Segment Open

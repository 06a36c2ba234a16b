// Cuts a trace of any length: a window and then samples on standard input, a record for each edge on
// standard output, and on standard error what there is to say. The words that it is started with are the
// trace number of the records, else 0, and `touches`, where edges that only touch the window are wanted.
//
// The input is worked through in pieces of up to 4,096 samples, each but the first beginning with the
// last sample of the piece before it. By the join law their records, one after the other, are those of
// the whole trace, and their counts add up to its counts: specs/Promises.antt, `whole`.
#![tactic(auto)]

mod piece;
mod words;

ghost use Rattle.std.specs.Prelude.{◌≡◌};
ghost use Rattle.run_trace.specs.Pieces.{with_answer};

use plane::Point;
use std::env::FillError;
use std::io::{Read, Write};
use std::process::ExitCode;
use std::rt::Env;
use stream::{Run, Watched};
use trace::{Chart, Counts};
use words::{Asked, Word};

// Of the edges whose records were written.
#[derive(Clone, Copy, Default)]
struct Totals {
    kept: u64,
    missed: u64,
    refused: u64,
}

// After some pieces: the sample to carry over, if there is one; the counts; how the run goes; and how many
// bytes the last piece has after its whole samples.
#[derive(Clone, Copy)]
struct Progress {
    last: Option<Point>,
    totals: Totals,
    run: Run,
    torn: usize,
}

impl Totals {
    // With the counts of one more piece.
    fn with(self, c: Counts) -> Self
        ensures { result ≡ with_answer self c }
    {
        Totals {
            kept: self.kept.wrapping_add(c.kept as u64),
            missed: self.missed.wrapping_add(c.missed as u64),
            refused: self.refused.wrapping_add(c.refused as u64),
        }
    }

    // Whether all of the line was written.
    fn say<E: Write>(self, said: &mut E, edges: u64) -> bool {
        let Totals {
            kept,
            missed,
            refused,
        } = self;
        writeln!(
            said,
            "trace: {kept} kept, {missed} missed, {refused} refused, {edges} edges"
        )
        .is_ok()
    }
}

// Reads up to 4,095 samples and writes the records of their edges.
fn next_piece<R: Read, W: Write>(
    input: &mut R,
    output: &mut W,
    chart: Chart,
    so_far: Progress,
) -> Progress {
    let mut bytes = [0u8; 65520];
    let got = stream::read_full(input, &mut bytes);
    let (Ok(n) | Err(n)) = got;
    let mut records = [0u8; 163800];
    let piece = piece::cut_piece(chart, so_far.last, &bytes[..n], &mut records);
    let all = piece.counts();
    let size = all.edges * 40;
    let taken = stream::write_all(output, &records[..size]);
    let counts = piece::written(chart, all, taken, so_far.last, &bytes[..n], &mut records);
    Progress {
        last: piece.last,
        totals: so_far.totals.with(counts),
        run: so_far
            .run
            .with(counts.edges, got.is_err(), taken < size, got == Ok(65520)),
        torn: n % 16,
    }
}

// The pieces one after the other, to the end of the input or to a failure.
fn cut_all<R: Read, W: Write>(input: &mut R, output: &mut W, chart: Chart) -> Progress {
    let mut so_far = Progress {
        last: None,
        totals: Totals::default(),
        run: Run::new(),
        torn: 0,
    };
    // A count, since every loop is proved to end.
    for _ in 0..u64::MAX {
        if !so_far.run.more {
            break;
        }
        so_far = next_piece(input, output, chart, so_far);
    }
    so_far
}

// Says the counts, and a torn end where nothing failed before it.
fn say_all<E: Write>(said: &mut E, at_end: Progress) -> bool {
    let run = at_end.run;
    let torn = if run.unread || run.unwritten {
        0
    } else {
        at_end.torn
    };
    stream::say_torn(said, b"trace: the last sample is torn: ", torn)
        & at_end.totals.say(said, run.records)
}

// The records of the trace of this number, of what is on standard input; the status to end with. The three streams are lent
// apart, here and below: some of what is called only reads, some only writes, some only says.
fn run<R: Read, W: Write, E: Write>(
    input: &mut R,
    output: &mut Watched<W>,
    said: &mut E,
    asked: Asked,
) -> u8 {
    let mut head = [0u8; 32];
    let got = stream::read_full(input, &mut head);
    let begun = Run::new().with(0, got.is_err(), false, false);
    if got.is_err() {
        return begun.end(said, b"trace");
    }
    if got != Ok(32) {
        let is_said = said
            .write_all(b"trace: there is no window: the input has under 32 bytes\n")
            .is_ok();
        return begun.end_said(said, b"trace", is_said);
    }
    let window = reading::window_of(&head);
    if !clip::refuse::window_fine(window) {
        let is_said = said
            .write_all(b"trace: bad window: a side is not finite or beyond 2^500, or lo > hi\n")
            .is_ok();
        return begun.end_said(said, b"trace", is_said);
    }
    let chart = Chart {
        touches: asked.touches,
        window,
        whose: asked.whose,
    };
    let at_end = cut_all(input, output, chart);
    if output.gone {
        return stream::READER_GONE;
    }
    let is_said = say_all(said, at_end);
    at_end.run.end_said(said, b"trace", is_said)
}

// The word at a place, if there is one. One that does not fit here is none that there may be.
fn word_at(rt: &HostRuntime, place: usize) -> Option<Word> {
    let mut word = [0u8; 16];
    match rt.arg(place, &mut word) {
        Ok(n) => Some(words::word_of(&word[..n])),
        Err(FillError::TooLong) => Some(Word::Other),
        Err(FillError::NotPresent) => None,
    }
}

// What the words ask for; trace 0, without touches, where there is none.
fn asked(rt: &HostRuntime) -> Option<Asked> {
    let Some(one) = word_at(rt, 1) else {
        return Some(Asked {
            whose: 0,
            touches: false,
        });
    };
    let Some(other) = word_at(rt, 2) else {
        return words::of_one(one);
    };
    match word_at(rt, 3) {
        Some(_) => None,
        None => words::of_two(one, other),
    }
}

// Says what the words may be; the status to end with.
fn refuse<E: Write>(said: &mut E) -> u8 {
    let is_said = said
        .write_all(
            b"trace: the words may be a trace number, up to 4294967295 in ten digits at the most, and touches, in either order\n",
        )
        .is_ok();
    stream::end_refused(is_said)
}

// What the words ask for, done; the status to end with.
fn answer<R: Read, W: Write, E: Write>(
    input: &mut R,
    output: &mut Watched<W>,
    said: &mut Watched<E>,
    asked: Option<Asked>,
) -> u8 {
    let status = match asked {
        Some(asked) => run(input, output, said, asked),
        None => refuse(said),
    };
    said.status(status)
}

fn main(rt: HostRuntime) -> ExitCode {
    let mut output = Watched::told(rt.stdout(), &rt);
    let mut said = Watched::told(rt.stderr(), &rt);
    ExitCode::from(answer(&mut rt.stdin(), &mut output, &mut said, asked(&rt)))
}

Segment Closed

For every line in the data above that holds "torn", return the line itself.

    torn: usize,
        torn: n % 16,
        torn: 0,
// Says the counts, and a torn end where nothing failed before it.
    let torn = if run.unread || run.unwritten {
        at_end.torn
    stream::say_torn(said, b"trace: the last sample is torn: ", torn)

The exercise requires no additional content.